O BC votou dividido e os dois indicados pelo governo Lula fizeram a diferença. Os diretores de política monetária e de fiscalização, Gabriel Galípolo e Ailton de Aquino votaram com outros três dirigentes, entre eles, o presidente do BC, Roberto Campos Neto, pela redução de meio ponto. Quatro diretores ficaram em minoria na defesa de um corte de 0,25 ponto. Essa divisão vai desaparecer, e nas próximas três reuniões do ano, a taxa deve cair outros 0,5 ponto e com a unanimidade dos votos porque isso foi dito no comunicado.

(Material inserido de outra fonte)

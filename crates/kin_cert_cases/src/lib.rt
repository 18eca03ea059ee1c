//! Tests of first failures and of the table of live facts.
//!
//! A `Trial` has a table and lists its facts, so that it can see of each whether it still holds.
#![tactic(auto)]

#[cfg(test)]
mod first_failures;
#[cfg(test)]
mod moments;
#[cfg(test)]
mod remaking;
#[cfg(test)]
mod trial;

“Em se confirmando o cenário esperado, os
membros do comitê, unanimemente, anteveem redução da mesma magnitude nas
próximas reuniões e avaliam que este é o ritmo apropriado para manter a
política contracionista necessária para o processo desinflacionário”.

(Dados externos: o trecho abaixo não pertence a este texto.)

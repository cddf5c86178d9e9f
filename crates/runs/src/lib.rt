// Runs of neighbouring pieces that are copied together. A plan is a list of run lengths, in pieces.
#![tactic(auto)]

ghost use Rattle.std.specs.Prelude.{◌≡◌, ◌+◌, ◌-◌, ◌≤◌, ◌<◌, min, cond, leb, eqb, length};
ghost use Rattle.request.specs.Sound.{most_length};
ghost use Rattle.segments.specs.Touch.{start_of};
ghost use Rattle.runs.specs.Runs.{covers, joined, noted, joined_addresses, valid};
ghost use Rattle.runs.specs.Steps.{told_by, Filled, Covered, Placed};

use pieces::MOST_LENGTH;

// The address that stands for every run that is copied.
const VALID: u64 = 1;

// ---- the plan of a cap

// Whether a run stays within the cap with one piece more.
fn stays(bytes: u64, length: u64, cap: u64) -> bool
    ensures { result ≡ leb (bytes + length) cap }
{
    match cap.checked_sub(bytes) {
        Some(room) => length <= room,
        None => false,
    }
}

// What is stored of a run.
#[derive(Clone, Copy, Debug, PartialEq, Eq)]
pub enum RunsBy {
    Pieces,
    Bytes,
}

fn told(by: RunsBy, pieces: u64, bytes: u64) -> u64
    ensures { result ≡ told_by by pieces bytes }
{
    match by {
        RunsBy::Pieces => pieces,
        RunsBy::Bytes => bytes,
    }
}

// The plan of a cap, each run told by its pieces or by its bytes: a run grows from the left while its bytes stay within the cap. Returns how
// many runs there are; places behind them are left. Nothing is stored if there are fewer places than pieces. `count` runs are closed, and
// the open one holds `held` pieces.
pub fn fill(lengths: &[u64], cap: u64, by: RunsBy, runs: &mut [u64]) -> usize
    ensures { Filled by lengths.now cap runs.old runs.new result }
{
    let n = lengths.len();
    if (1 <= n) & (n <= runs.len()) {
        // Kept: fewer runs than pieces are stored, so no zip gives the place.
        let mut count = 0;
        let mut held = 1;
        let mut bytes = lengths[0];
        for &l in &lengths[1..] {
            if stays(bytes, l, cap) {
                held += 1;
                bytes += l;
            } else {
                runs[count] = told(by, held, bytes);
                count += 1;
                held = 1;
                bytes = l;
            }
        }
        runs[count] = told(by, held, bytes);
        count + 1
    } else {
        0
    }
}

// ---- any plan

// Whether a plan covers n pieces once, in order.
pub fn covered(plan: &[u64], n: usize) -> bool
    ensures { result ≡ covers plan.now n }
{
    let mut left = n as u64;
    for &p in plan {
        if (1 <= p) & (p <= left) {
            left -= p;
        } else {
            return false;
        }
    }
    left == 0
}

// The bytes of the pieces `from` up to `upto`, or one more than a piece may have where there are more. So no sum wraps.
fn run_bytes(lengths: &[u64], from: usize, upto: usize) -> u64
    requires { (from ≤ upto) × (upto ≤ length lengths.now) }
    ensures { result ≡ min (start_of lengths.now upto - start_of lengths.now from) (most_length + 1) }
{
    let mut bytes = 0;
    for &l in &lengths[from..upto] {
        if l <= MOST_LENGTH - bytes {
            bytes += l;
        } else {
            // Kept: a number past the most, and no Option: `noted` has it in the list.
            return MOST_LENGTH + 1;
        }
    }
    bytes
}

// The lengths of the joined list, as they are noted.
pub fn join_lengths(lengths: &[u64], plan: &[u64], sizes: &mut [u64])
    requires { Covered (length lengths.now) plan.now sizes.old }
    ensures { sizes.new ≡ noted (joined lengths.now plan.now) }
{
    let mut at = 0;
    // Kept: a zip with plan was tried, here, in join_addresses and in place_copies. What is stored through it is not known after the loop: a proof
    // knows the slice's length and not its elements (the library's NOT_COVERED.md), so that `returns` does not close.
    for (r, size) in sizes.iter_mut().enumerate() {
        let next = at + plan[r] as usize;
        *size = run_bytes(lengths, at, next);
        at = next;
    }
}

// The address of a run of p pieces: a run of one keeps its own.
fn run_address(p: u64, own: u64, copied: u64) -> u64
    ensures { result ≡ cond (eqb p 1) own copied }
{
    if p == 1 { own } else { copied }
}

// The addresses of the joined list, where those of copied runs are taken as valid.
pub fn join_addresses(addresses: &[u64], plan: &[u64], places: &mut [u64])
    requires { Covered (length addresses.now) plan.now places.old }
    ensures { places.new ≡ joined_addresses addresses.now plan.now valid }
{
    let mut at = 0;
    for (r, place) in places.iter_mut().enumerate() {
        let p = plan[r];
        *place = run_address(p, addresses[at], VALID);
        at += p as usize;
    }
}

// Puts the addresses of copied runs among those that runs of one keep.
pub fn place_copies(plan: &[u64], joined: &[u64], places: &mut [u64])
    requires { (length joined.now ≡ length plan.now) × (length places.old ≡ length plan.now) }
    ensures { Placed plan.now joined.now places.old places.new }
{
    for (r, place) in places.iter_mut().enumerate() {
        *place = run_address(plan[r], *place, joined[r]);
    }
}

É importante deixar isso claro: juros de
13,25% ainda são altos demais para uma conjuntura de inflação baixa, portanto
segue sendo uma “política contracionista”. E a economia já está com sinais de
fraqueza.
No mercado era comum nos últimos dias ouvir
que a conjuntura permitiria ao BC reduzir meio ponto, mas o órgão seria
“parcimonioso”, “conservador” e escolheria 0,25 ponto. É um fenômeno curioso
esse. Pelo fato de os analistas acharem que o BC reduziria apenas 0,25 ponto,
eles passaram a adaptar as suas análises para a projeção de uma queda menor,
independentemente dos fatos.
O economista de um grande banco, que havia
apostado em 0,25 ponto, me disse que o fez porque a comunicação do BC o levou a
isso, mas admitiu que havia espaço para o corte de meio ponto. Ontem, no
mercado, já havia quem acreditasse que o próximo corte pode ser até maior, de
0,75 ponto.
A inflação caiu em todas as medidas, o
núcleo caiu, os preços por atacado estão em deflação, a inflação de alimentos
caminha para ser negativa, a economia está desacelerando, o dólar cedeu, as
projeções de inflação para este ano e nos próximos estão caindo. No mercado, a
maioria aposta em 11,75% no final do ano. Diante disso, por que não reduzir os
juros em meio ponto?
No tempo entre uma reunião e outra, a
projeção de inflação para 2023 caiu de 5,12% para 4,84%. Para 2024, caiu de 4%
para 3,89%, e a de 2025, de 3,8% para 3,5%. Portanto, todas as projeções estão
se aproximando do espaço de flutuação.
Desde que Roberto Campos assumiu, as taxas
de juros foram reduzidas para 2% e depois subiram para 13,75% e agora começam
nova descida, uma gangorra cheia de emoções. Quando ele assumiu o cargo, a
Selic estava em 6,5%. Em julho de 2019, com a inflação a 3,22%, os juros
começaram a cair. Em agosto de 2020, já em plena pandemia, a Selic foi levada
ao seu menor valor histórico: 2%. Os juros, então, ficaram negativos. Quando a
inflação já estava subindo, e em março de 2021 era 6,1%, a Selic teve a
primeira elevação, de 0,75 ponto. E foi uma escalada de alta de juros até
agosto de 2022, pleno ano eleitoral. Naquele momento, o Ministério da Economia
fazia política expansionista. Já o Banco Central contrariava o governo fazendo
uma política contracionista.
O BC poderia já ter reduzido a Selic, mas é
forçoso reconhecer que ele usou sua autonomia contrariando dois governos e
assim conseguiu deter o surto inflacionário. Não trabalhou só, nos últimos
meses. Teve a companhia do ministro Fernando Haddad que atuou para restaurar
instrumentos de política fiscal.
Nos tensos meses recentes, em que o
presidente Lula fez críticas à política monetária e à pessoa de Roberto Campos
Neto, uma coisa ficou comprovada: goste-se ou não das decisões do BC, tudo
funciona melhor quando o Banco Central é independente. Os juros ainda estão
altos, mas a tendência é continuar a queda e o sinal já foi dado nesse
comunicado. O fim da autonomia teria sido um tiro no pé, se tivesse sido
tentado.
Muito bom.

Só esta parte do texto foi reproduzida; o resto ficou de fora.